A chuva continuava a cair pesada por sobre a velha estrada de terra. Um caminho antigo, tortuoso, que recortava as estreitas faixas de terra plana existente por entre as ancestrais montanhas da região.

O relógio já passara das 18 da noite. O velho Rekord E continuava vagaroso, cambando de uma via secundária, totalmente inutilizada pelo mau tempo, para aquela que poderia ser chamada de principal, se é que alguma delas pudesse ser chamada de via, quiçá principal.

As pálpebras da motorista pesavam. Seus olhos, cansados pelas horas insones, perdiam constantemente o foco. “Irei bater se não parar” ela dizia a si mesma enquanto perscrutava o horizonte em busca de algo que pudesse lhe servir de abrigo.

O verão já era a muito conhecido por ser uma época propicia do ano a grandes tempestades. Aquela, porém não era uma tempestade qualquer: sua fúria avassaladora lhe fazia merecer uma nomeação própria, que caracterizasse de maneira fidedigna seus raios lacerantes, seus trovões ensurdecedores e seu monstruoso volume d´água.

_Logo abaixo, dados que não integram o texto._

//! Cells of a column that have one text, made one cell.

ghost use Rattle.std.specs.Prelude.{◌≡◌, ◌<◌, ◌≤◌, ◌-◌, ℕ, length, Err, IfOk, IsOk, OnOk};
ghost use Rattle.std.specs.List.{prefix_len, range_with_len};
ghost use Rattle.pg_layout.specs.Records.{columns_of};
ghost use Rattle.pg_table.specs.Even.{IsNarrowLook};
ghost use Rattle.pg_table.specs.OwnRows.{texts_of, HasNoRuns, has_text, merged, run_from, with_run, with_runs};

use crate::fault::TableFault;
use crate::table::Table;
use pg_config::SpannedConfig;
use pg_layout::{ExactRecords, PeekableRecords, Position};
use std::alloc::{AllocError, Allocator};
use std::convert::AsStr;

impl<T: AsStr + Drop, A: Allocator> Table<T, A> {
    /// The table with each run of equal texts in a column, which aren't empty, as one cell over all its
    /// rows. A column that doesn't exist changes nothing.
    ///
    /// The lines that the cells interrupt keep their crossings until
    /// [`Table::set_span_crossings`] redraws them. Allocates only for a run of several rows. After an
    /// error the table is dropped.
    ///
    /// ```text
    /// let table = table.with_merged_column(0)?.with_span_crossings(alloc, Borders::modern())?;
    /// ```
    pub fn with_merged_column(mut self, column: usize) -> Result<Table<T, A>, TableFault>
    where
        A: Clone,
        ensures ok { IfOk result (λ table. table ≡ merged column T.text self) }
        ensures memory { (fault : TableFault) → result ≡ Err fault → fault ≡ TableFault.Memory }
        ensures absent { columns_of self.rows ≤ column → IsOk result }
        ensures nothing { HasNoRuns (texts_of T.text self) column → IsOk result }
        ensures narrow { IsNarrowLook self.config → IfOk result (λ table. IsNarrowLook table.config) }
    {
        match self.merge_column(column) {
            Ok(()) => Ok(self),
            Err(error) => Err(error.into()),
        }
    }

    // Makes one cell of each run of equal texts in a column, or of some of them if memory is refused.
    fn merge_column(&mut self, column: usize) -> Result<(), AllocError>
    where
        A: Clone,
        ensures ok { OnOk result (self.new ≡ merged column T.text self.old) }
        ensures absent { columns_of self.old.rows ≤ column → IsOk result }
        ensures nothing { HasNoRuns (texts_of T.text self.old) column → IsOk result }
        ensures narrow { IsNarrowLook self.old.config → IsNarrowLook self.new.config }
    {
        if self.count_columns() <= column {
            return Ok(());
        }
        merge_runs(&self.records, &mut self.config, column)
    }
}

// Makes one cell of each run of equal texts in a column, or of some of them if memory is refused.

fn merge_runs<R: PeekableRecords + ExactRecords, A: Allocator + Clone>(
    records: &R,
    config: &mut SpannedConfig<A>,
    column: usize,
) -> Result<(), AllocError>
    requires column { column < R.columns records.now }
    ensures spans { OnOk result (config.new ≡ record config.old { spans = with_runs (R.texts records.now) column config.old.spans }) }
    ensures nothing { HasNoRuns (R.texts records.now) column → IsOk result }
    ensures narrow { IsNarrowLook config.old → IsNarrowLook config.new }
{
    for row in 0..records.count_rows() {
        merge_run(records, config, column, row)?;
    }
    Ok(())
}

// Makes one cell of the run that begins in a row, if it has several rows.
fn merge_run<R: PeekableRecords + ExactRecords, A: Allocator + Clone>(
    records: &R,
    config: &mut SpannedConfig<A>,
    column: usize,
    row: usize,
) -> Result<(), AllocError>
    requires column { column < R.columns records.now }
    requires row { row < length (R.texts records.now) }
    ensures spans { OnOk result (config.new ≡ record config.old { spans = with_run (R.texts records.now) column config.old.spans row }) }
    ensures nothing { run_from (R.texts records.now) column row ≤ 1 → IsOk result }
    ensures narrow { IsNarrowLook config.old → IsNarrowLook config.new }
{
    let count = run_from(records, column, row);
    if count <= 1 {
        return Ok(());
    }
    config.set_row_span(Position::new(row, column), count)
}

// How many rows the run has that begins in a row; none if its text is empty or that of the row above.
fn run_from<R: PeekableRecords + ExactRecords>(records: &R, column: usize, row: usize) -> usize
    requires column { column < R.columns records.now }
    requires row { row < length (R.texts records.now) }
    ensures { result ≡ run_from (R.texts records.now) column row }
{
    let text = records.get_text(Position::new(row, column));
    if text.is_empty() || 0 < row && records.get_text(Position::new(row - 1, column)) == text {
        return 0;
    }
    rows_with(records, text, column, row)
}

// How many rows from the first one on have this text, up to the first one with another.
#[tactic(auto, using(crate::proofs::Rearranged::one_row_more, crate::proofs::Rearranged::no_row_more, crate::proofs::Rearranged::no_row_left))]
fn rows_with<R: PeekableRecords + ExactRecords>(
    records: &R,
    text: &str,
    column: usize,
    first: usize,
) -> usize
    requires column { column < R.columns records.now }
    requires first { first ≤ length (R.texts records.now) }
    ensures { result ≡ prefix_len (has_text (R.texts records.now) column text.now) (range_with_len first (length (R.texts records.now) - first)) }
{
    let rows = records.count_rows();
    for row in first..rows {
        if records.get_text(Position::new(row, column)) != text {
            return row - first;
        }
    }
    rows - first
}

Sem dúvida aquela era uma tempestade de fazer inveja ao dilúvio bíblico.

Mais alguns minutos se passaram. O desespero tomava conta da alma da motorista, que pressentia sua morte iminente. Suas mãos não conseguiam mais segurar com firmeza o volante. O coração palpitava em ritmo acelerado, quando finalmente a esperança se reascendeu quando seus olhos distinguiram no horizonte as formas de uma cabana.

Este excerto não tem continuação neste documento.